The reaction was indeed impressive. Just a few days ago, the founder of Info Edge had a harrowing time enduring the drab presentation pitch of Tuli and Anand at an investment meet at Sheraton Hotel in Delhi. The founders of Happily Unmarried had built a cult following among the youth for their funky products, irreverent attitude and wacky wordplay. Though Tuli was convinced that Anand made a good presentation, the response from the audience was shockingly contrary to his expectations. “There were no giggles, no laughs, only long straight faces,” he recounts.
For the founders, who always had an enchanting way with words, the reaction was disappointing. Bikhchandani, who knew a bit about the founders because his daughter was keen to do a summer internship at Happily Unmarried, felt obliged to offer his advice to the hustlers after the event. “Normally, I see great presentations and bad business. But you guys had a lousy presentation and seem to have a decent business,” Tuli recounts Bikhchandani’s feedback. A 20-member team, a Rs5 crore-business, and an imposing fan following, the bootstrapped venture had a sedate growth till 2012.
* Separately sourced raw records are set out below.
//! The changes, each a row.

ghost use Rattle.std.specs.Prelude.{◌≡◌, ◌++◌, OnOk};
ghost use Rattle.std.specs.List.{All};
ghost use Rattle.event_sim.specs.Changes.{IsChangeOf};
ghost use Rattle.trace_report.specs.Words.{change_row, level_text};
ghost use Rattle.trace_report.specs.Report.{changes_part};

use event_sim::Change;
use shown_words::{put_choice, state_column};
use std::alloc::Global;
use sync_ql::name_of;
use sync_text::{NoMemory, Text};
use sync_topo::Plan;

/// Puts all changes.
pub(crate) fn put_changes(
    alloc: Global,
    text: &mut Text,
    plan: &Plan,
    changes: &[Change],
) -> Result<(), NoMemory>
    requires of_plan { All (IsChangeOf plan.now) changes.now }
    ensures put { OnOk result (text.new ≡ text.old ++ changes_part plan.now changes.now) }
{
    text.put(b"changes\n")?;
    for change in changes {
        put_change(alloc, text, plan, change)?;
    }
    Ok(())
}

/// Puts the row of one change of a plan: its millisecond, the element, what it chose, and its level and
/// state.
///
/// `NoMemory` comes only when out of memory; a part of the row may then stand at the end, so the text
/// isn't used again. This project's own.
pub fn put_change(
    alloc: Global,
    text: &mut Text,
    plan: &Plan,
    change: &Change,
) -> Result<(), NoMemory>
    requires of_plan { IsChangeOf plan.now change.now }
    ensures put { OnOk result (text.new ≡ text.old ++ change_row plan.now change.now) }
{
    text.put_number(change.at)?;
    text.put(b",")?;
    put_choice(alloc, text, plan, change.element, change.mode, change.input)?;
    text.put(b",")?;
    put_level(text, change)
}

/// Puts what it has of that, which ends the row.
fn put_level(text: &mut Text, change: &Change) -> Result<(), NoMemory>
    ensures put { OnOk result (text.new ≡ text.old ++ level_text change.now) }
{
    text.put(name_of(change.level).as_bytes())?;
    text.put(state_column(change.state))
}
In spite of their perpetual juggling act with their fragile financial state, and intermittently reaching out to family and friends for precious dollars—Happily Unmarried raised Rs30 lakh over two years—the founders had more than what was needed to buy Bikhchandani a coffee. The Info Edge biggie, though, made a priceless gesture. “Pay when you are profitable,” he smiled, decided to back the venture, and dished out a few invaluable nuggets: Take the business online, be more focussed, put a full stop to the bohemian lifestyle and get rid of fears.
Three years later, in 2015, fear resurfaced in a debilitating form. “Kaisey bechenge? Kaun kharidega?
Production kaisey hoga [How will we sell? Will there be buyers? How will we manufacture?]… the founders wondered as they mulled getting into the men's grooming business. It was a Catch-22 situation. Due to the nature of the business—capital intensive and heavily-inventory led—Happily Unmarried was about to run out of the money. And the grim reality was that the status quo was not going to change in the future as well. There was another truth that haunted the entrepreneurs. In spite of 12 years of business, Happily Unmarried couldn’t scale, Tuli and Anand have been using equity money to fund the inventory. The writing was on the wall. Happily Unmarried was about to run out of money. Also read: It's actually a good time to invest: Sanjeev Bikhchandani
No Room for Delhi Guys!
Back in 2003, the Hyderabad-based IT company—where Tuli and Anand worked—went bankrupt. The firm ran out of money, the friends didn’t get salaries for five months, and the duo decided to start their own venture. The business idea came from the pain of hunting accommodation for themselves in Hyderabad. Two unmarried guys became almost untouchable for prospective landlords. “Nobody gave us a room,” recalls Tuli. And nobody gave any room for singles from Delhi. The flawed perception of Delhi guys being loud, rogue and nuisance played against the friends. The duo, hence, decided to dabble into a business which would cater to the unmet needs of the youth. “Let’s provide them with accommodation, furniture and meals,” was the clarion call.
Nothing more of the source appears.